No pass: Roderick ready to leave offense behind when he comes to Columbia
When Cane Bay High football coach Russell Zehr looks at his star player, R.J. Roderick, projects him transitioning to a spot than quarterback, he sees a little of a former player.
It’s a deep pull from his past, a name that might only pop for a historian of South Carolina high school football or for having the same as a former No. 1 NFL draft pick.
Mario Williams quarterbacked Ninety Six High to back-to-back state title games in 1999 and 2000, winning the second. He became a full-time safety at Gardner-Webb, twice earning conference defensive player of the year and All-American honors before an injury curtailed his senior season.
And on that path, from dynamic option quarterback to rangy college defender, is where Zehr sees Roderick.
“He’s about the same size as Mario,” Zehr said, “a little bit bigger. But as far and his ball skills and his demeanor, he’s very similar.”
He’ll be bringing that to the South Carolina football team after committing to Will Muschamp on Saturday.
Roderick’s offers were bigger than Williams’ list, and the range of spots he could play was far wider. Beyond the offer to play safety in Columbia, the 6-foot, athletic 208-pounder could have gone to N.C. State to play wide receiver, had Clemson interest at running back and nearly every option school and even Virginia with its spread offense offered him as a quarterback.
Many high school quarterbacks want to hold onto that as they move up a level, but Roderick wasn’t in that mold. The allure of playing behind center doesn’t have the overarching pull. He just wants to find his spot and settle in.
“I just can develop somewhere, just be at one position,” Roderick said. “I want to embrace it now. I have all the athleticism, the ability to do so. It’s just a matter of going out there and making it happen.”
Roderick played some defense late last season, and he said the transition of going to defensive meetings was an easy one. He’d been held back on that side because of his importance to the Cobras offense. Zehr said Roderick has enough feel for the game that he calls half the team’s plays at the line.
“It’s something that, a lot of it is self-explanatory playing quarterback,” Roderick said of picking up defense. “It’s something that I understand on the offensive side of the ball. So it kind of translates easier for me than it would for somebody just coming into playing defense.
“A lot of that stuff (are) just telltale things.”
Not being tied to the quarterback position speaks to Roderick’s history coming to it. He was a running back in his younger years at Stratford (where his brother played defensive end), and he admitted it meant he played quarterback with a running back’s mentality.

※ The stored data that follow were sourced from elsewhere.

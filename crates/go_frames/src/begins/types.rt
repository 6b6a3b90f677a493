//! Types, but for the fields and members in their braces.

ghost use Rattle.std.specs.Prelude.{◌≡◌, ◌∷◌, [], IfOk};
ghost use Rattle.go_grammar.specs.Frames as f;
ghost use Rattle.go_grammar.specs.ExprSteps as steps;
ghost use Rattle.go_grammar.specs.Nodes as nodes;
ghost use Rattle.go_grammar.specs.Classes.{name_of};
ghost use Rattle.go_syntax.specs.View.{expr_view};
ghost use Rattle.go_frames.specs.FrameView.{Comes, token_of, ctx_view, type_frame, stack_view};

use crate::ends::lost::lost;
use crate::ends::lost_part::lost_expr;
use crate::ends::refused::{deep_at, stuck};
use crate::frames::at::At;
use crate::frames::ctx::Ctx;
use crate::frames::frame::{Frame, SigFrame, TypeFrame};
use crate::frames::node::{name, name_expr, select};
use crate::frames::stack::{Answer, Stack, goes};
use gj_base::NoMemory;
use go_syntax::tree::Expr;
use go_syntax::{Keyword, Operator, TokenKind};
use std::alloc::Global;

/// Takes the token, after which a type comes.
pub fn then_type(c: Ctx, stack: Stack) -> Answer
    ensures value { Comes result (steps.then_type (ctx_view c) (stack_view stack)) }
{
    goes(stack, Frame::Type(TypeFrame::Type(c)))
}

/// A type that begins with the token.
pub fn begin_type(alloc: Global, at: At, text: &[u8], c: Ctx, stack: Stack) -> Answer
    ensures value { Comes result (steps.begin_type (token_of at text.now) (ctx_view c) (stack_view stack)) }
{
    match at.kind {
        TokenKind::Op(_) => begin_type_op(at, c, stack),
        TokenKind::Word(word) => begin_type_word(at, word, c, stack),
        TokenKind::Name => begin_named(alloc, at, text, stack),
        _ => stuck(stack),
    }
}

/// The name of a type, or of its package.
fn begin_named(alloc: Global, at: At, text: &[u8], stack: Stack) -> Answer
    ensures value { Comes result (f.Goes (f.OfType (f.TypeName (nodes.name_expr (name_of (token_of at text.now)))) ∷ stack_view stack)) }
{
    let name = match name(alloc, at.place, text) {
        Ok(name) => name,
        Err(error) => return lost(error, stack),
    };
    match name_expr(alloc, name) {
        Ok(e) => goes(stack, Frame::Type(TypeFrame::Name(e))),
        Err(error) => lost(error, stack),
    }
}

fn begin_type_op(at: At, c: Ctx, stack: Stack) -> Answer
    ensures value { Comes result (steps.begin_type_op (token_of at []) (ctx_view c) (stack_view stack)) }
{
    if at.is(Operator::LeftParen) {
        return inner_type(c, TypeFrame::Paren(at.place), stack);
    }
    if at.is(Operator::Mul) {
        return inner_type(c, TypeFrame::Star(at.place), stack);
    }
    if at.is(Operator::LeftBracket) {
        return opened(c, TypeFrame::Bracket(c, at.place), stack);
    }
    if at.is(Operator::Arrow) {
        return opened(c, TypeFrame::Arrow(c.inside(), at.place), stack);
    }
    stuck(stack)
}

/// Where one more may be open, the frame, and a type in it.
fn inner_type(c: Ctx, frame: TypeFrame, stack: Stack) -> Answer
    ensures value { Comes result (steps.if_room (ctx_view c) (steps.then_type (f.inside (ctx_view c)) (f.OfType (type_frame frame) ∷ (stack_view stack)))) }
{
    if !c.has_room() {
        return deep_at(Frame::Type(frame), stack);
    }
    let stack = stack.with(Frame::Type(frame))?;
    then_type(c.inside(), stack)
}

/// Where one more may be open, the frame.
fn opened(c: Ctx, frame: TypeFrame, stack: Stack) -> Answer
    ensures value { Comes result (steps.if_room (ctx_view c) (f.Goes (f.OfType (type_frame frame) ∷ (stack_view stack)))) }
{
    if !c.has_room() {
        return deep_at(Frame::Type(frame), stack);
    }
    goes(stack, Frame::Type(frame))
}

/// A type that begins with a keyword.
pub fn begin_type_word(at: At, word: Keyword, c: Ctx, stack: Stack) -> Answer
    ensures value { Comes result (steps.begin_type_word (token_of at []) word (ctx_view c) (stack_view stack)) }
{
    match word {
        Keyword::Func => {
            let stack = stack.with(Frame::Type(TypeFrame::Func(at.place)))?;
            goes(stack, Frame::Sig(SigFrame::Open(c)))
        }
        Keyword::Map => goes(stack, Frame::Type(TypeFrame::Map(c, at.place))),
        Keyword::Chan => opened(c, TypeFrame::Chan(c.inside(), at.place), stack),
        Keyword::Struct => goes(stack, Frame::Type(TypeFrame::Struct(c, at.place))),
        Keyword::Interface => goes(stack, Frame::Type(TypeFrame::Interface(c, at.place))),
        _ => stuck(stack),
    }
}

/// `e.x`, x being the token.
pub fn selected(alloc: Global, at: At, text: &[u8], e: Expr) -> Result<Expr, NoMemory>
    ensures value { IfOk result (λ x. expr_view x ≡ nodes.select (expr_view e) (name_of (token_of at text.now))) }
{
    let name = match name(alloc, at.place, text) {
        Ok(name) => name,
        Err(error) => return lost_expr(error, e),
    };
    let e = select(alloc, e, name)?;
    Ok(e)
}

As a junior, his game grew more unselfish, the reads slowed down and he orchestrated an attack that ran for 375 yards a game (Roderick ran for 1,778 and averaged more than 21 yards per pass completion).
Roderick said he’s hoping to major in engineering in college and he will graduate from Cane Bay in December to enroll early at USC.
Zehr started to know what he had back during Roderick’s sophomore year. He figured he had a special talent on his hands, one whose stock would rise soon enough.
Now he’s got an SEC defensive back running the show for him on offense.
The coach also noted things started coming together when college coaches met Roderick, whose “yes-sir, no-sir” personality comes through right away.
“He’s one of those kids,” Zehr said. “Works hard in the weight room, works hard at practice. He’s also one of those kids who does the right thing, doesn’t get in trouble in school, makes good grades, got good test scores. He’s really just an all-around good kid.”